10-19-22-1500.txt.gz (159.1 KB)
If anyone could help I would appreciate it.
The 05:30 crash is not in the message log. That might be the important one since memory usage starts climbing near 05:00.
I can find the one that happened at 15:46:43 (up at 15:48:05):
Oct 19 15:46:43 ipfire kernel: DROP_INPUT IN=red0 OUT= MAC=<red-mac-address>:84:bb:69:d2:b8:b0:08:00 SRC=188.8.131.52 DST=<External-IP> LEN=80 TOS=0x00 PREC=0x00 TTL=111 ID=57233 PROTO=UDP SPT=55342 DPT=64645 LEN=60 MARK=0x80000000 Oct 19 15:48:05 ipfire syslogd 1.5.1: restart (remote reception). Oct 19 15:48:05 ipfire kernel: usb 1-184.108.40.206: New USB device found, idVendor=0557, idProduct=2419, bcdDevice= 1.00
I don’t see anything interesting in the message log. To me it acts like it is a power issue (lost power for whatever odd reason) or a maybe hardware problem. Maybe someone else can look and add there comments.
I have the same problem, this process (openvpn-authent) fills memory until full. This process occurs periodically every night or after a new certificate is created.
Other processes are then terminated.
I have now deleted the certificates and deactivated OpenVPN, since then the problem has not occurred again.
Same thing occurred again this morning:
Oct 17 05:00:34 ipfire openvpnserver: MANAGEMENT: Client connected from /var/run/openvpn.sock Oct 17 06:25:26 ipfire kernel: openvpn-authent invoked oom-killer: gfp_mask=0x1100dca(GFP_HIGHUSER_MOVABLE|__GFP_ZERO), order=0, oom_score_adj=0 Oct 17 06:25:26 ipfire kernel: CPU: 0 PID: 16199 Comm: openvpn-authent Not tainted 5.15.59-ipfire #1 Oct 17 06:25:26 ipfire kernel: [ 16199] 0 16199 2154150 1858074 16859136 236139 0 openvpn-authent Oct 17 06:25:26 ipfire kernel: [ 31339] 99 31339 1910 32 49152 145 0 openvpn Oct 17 06:25:26 ipfire kernel: [ 31389] 0 31389 4059 0 73728 1802 0 openvpn-authent Oct 17 06:25:26 ipfire kernel: oom-kill:constraint=CONSTRAINT_NONE,nodemask=(null),cpuset=/,mems_allowed=0,global_oom,task_memcg=/,task=openvpn-authent,pid=16199,uid=0 Oct 17 06:25:26 ipfire kernel: Out of memory: Killed process 16199 (openvpn-authent) total-vm:8616600kB, anon-rss:7432056kB, file-rss:240kB, shmem-rss:0kB, UID:0 pgtables:16464kB oom_score_adj:0 grep: messages: binary file matches [root@ipfire log]# uptime 09:09:18 up 4:16, 1 user, load average: 1.43, 1.37, 1.24 [root@ipfire log]#
Is there any way to downgrade to 168 where these problems did not occur, or do you have to delete and rebuild a whole system?
Sorry to say you have to rebuild.
Please open a bug report about the openvpn-authent issue.
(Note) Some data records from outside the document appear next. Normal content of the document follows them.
// What the words of a command ask for.
ghost use Rattle.std.specs.Prelude.{MatchOption, ℕ, List};
ghost use Rattle.tifrozel.specs.declared.requests.FileAsked.{FileAsked};
ghost use Rattle.tifrozel.specs.declared.requests.EntryAsked.{EntryAsked};
ghost use Rattle.tifrozel.specs.declared.requests.Request.{Request};
ghost use Rattle.tifrozel.specs.Requests.{Asks, AsksCopy, AsksEntry, AsksFile};

use crate::words::{Command, EditionName, edition_asked};
use std::fmt;

// A file, and the edition that it is read under.
#[derive(Clone, Copy)]
pub struct FileAsked<'a> {
    pub path: &'a str,
    pub edition: EditionName,
}

// An entry, and the edition that it is read under.
#[derive(Clone, Copy, Debug, PartialEq, Eq)]
pub struct EntryAsked {
    pub entry: usize,
    pub edition: EditionName,
}

// What is asked at a shelf.
#[derive(Clone, Copy)]
pub enum AtShelf<'a> {
    Open,
    TakeIn(FileAsked<'a>),
    Close,
    Show(EntryAsked),
    Fetch { entry: usize, number: usize },
    Balance,
    Plain { asked: EntryAsked, path: &'a str },
}

#[derive(Clone, Copy)]
pub enum Request<'a> {
    Read(FileAsked<'a>),
    Check(FileAsked<'a>),
    AtShelf(AtShelf<'a>),
}

// The command's words without its edition, and without the file that it writes.
impl fmt::Display for AtShelf<'_> {
    fn fmt<W: fmt::Write>(&self, f: &mut fmt::Formatter<W>) -> fmt::Result {
        match *self {
            AtShelf::Open => write!(f, "{}", Command::Open),
            AtShelf::TakeIn(asked) => write!(f, "{} {}", Command::TakeIn, asked.path),
            AtShelf::Close => write!(f, "{}", Command::Close),
            AtShelf::Show(asked) => write!(f, "{} {}", Command::Show, asked.entry),
            AtShelf::Fetch { entry, number } => write!(f, "{} {entry} {number}", Command::Fetch),
            AtShelf::Balance => write!(f, "{}", Command::Balance),
            AtShelf::Plain { asked, .. } => write!(f, "{} {}", Command::Plain, asked.entry),
        }
    }
}

impl fmt::Display for Request<'_> {
    fn fmt<W: fmt::Write>(&self, f: &mut fmt::Formatter<W>) -> fmt::Result {
        match *self {
            Request::Read(asked) => write!(f, "{} {}", Command::Read, asked.path),
            Request::Check(asked) => write!(f, "{} {}", Command::Check, asked.path),
            Request::AtShelf(asked) => write!(f, "{asked}"),
        }
    }
}

// The file and the edition of `COMMAND FILE [under EDITION]`.
fn file_asked(words: &[String]) -> Option<FileAsked<'_>>
    ensures { MatchOption result ((f : FileAsked) → ¬ (AsksFile words.now f)) (λ f. AsksFile words.now f) }
{
    let edition = edition_asked(words)?;
    Some(FileAsked {
        path: words[1].as_str(),
        edition,
    })
}

// The entry and the edition of `COMMAND ENTRY [under EDITION]`.
fn entry_asked(words: &[String]) -> Option<EntryAsked>
    ensures { MatchOption result ((a : EntryAsked) → ¬ (AsksEntry words.now a)) (λ a. AsksEntry words.now a) }
{
    let edition = edition_asked(words)?;
    let entry = words[1].as_str().parse().ok()?;
    Some(EntryAsked { entry, edition })
}

// The entry, the edition and the file of `COMMAND ENTRY FILE [under EDITION]`.
fn copy_asked(words: &[String]) -> Option<(EntryAsked, &str)>
    ensures { MatchOption result ((a : EntryAsked) (path : List ℕ) → ¬ (AsksCopy words.now a path)) (λ r. AsksCopy words.now r.0 r.1.now) }
{
    let (_, rest) = words.split_first()?;
    let edition = edition_asked(rest)?;
    let entry = rest[0].as_str().parse().ok()?;
    Some((EntryAsked { entry, edition }, rest[1].as_str()))
}

// What is asked of the command by its words; none where they are not put as it wants them.
pub fn request_of<'a>(command: Command, words: &'a [String]) -> Option<Request<'a>>
    ensures { MatchOption result ((r : Request) → ¬ (Asks command words.now r)) (λ r. Asks command words.now r) }
{
    match (command, words) {
        (Command::Read, _) => Some(Request::Read(file_asked(words)?)),
        (Command::Check, _) => Some(Request::Check(file_asked(words)?)),
        (Command::TakeIn, _) => Some(Request::AtShelf(AtShelf::TakeIn(file_asked(words)?))),
        (Command::Open, [_]) => Some(Request::AtShelf(AtShelf::Open)),
        (Command::Close, [_]) => Some(Request::AtShelf(AtShelf::Close)),
        (Command::Show, _) => Some(Request::AtShelf(AtShelf::Show(entry_asked(words)?))),
        (Command::Fetch, [_, entry, number]) => Some(Request::AtShelf(AtShelf::Fetch {
            entry: entry.as_str().parse().ok()?,
            number: number.as_str().parse().ok()?,
        })),
        (Command::Balance, [_]) => Some(Request::AtShelf(AtShelf::Balance)),
        (Command::Plain, _) => {
            let (asked, path) = copy_asked(words)?;
            Some(Request::AtShelf(AtShelf::Plain { asked, path }))
        }
        _ => None,
    }
}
This will help make sure the Development team reviews this information.
Login using your IPFire email address and the IPFire password.
Is there an archive ftp server that holds the older build versions?
Chris - FYI
I already downloaded that version, but I can’t reboot until after hours, probably this weekend.
Hi Chris, stop openVPN, delete the certificate, upgrade to core 171 and reboot. Then create a new certificate and start openVPN.
Seems to help me. It’s worth a try and less work than reinstalling everything.
If it is a bug in OpenVPN < 2.5.7 then it is not an endemic problem, it must be a combination between an earlier version and something else.
I am using OpenVPN with IPFire for several years and I have not seen any issues with Out Of Memory events in any of that time (I have grepped through the IPFire logs for oom and Out of memory and found nothing) and my memory graph has not seen any large spikes. The used memory has varied between 7% min and 27% max.
It might have some relation to interactions with other packages. I have seen some references to qemu also being impacted but I don’t use qemu on my IPFire system.
I’ll try that and post the results later today.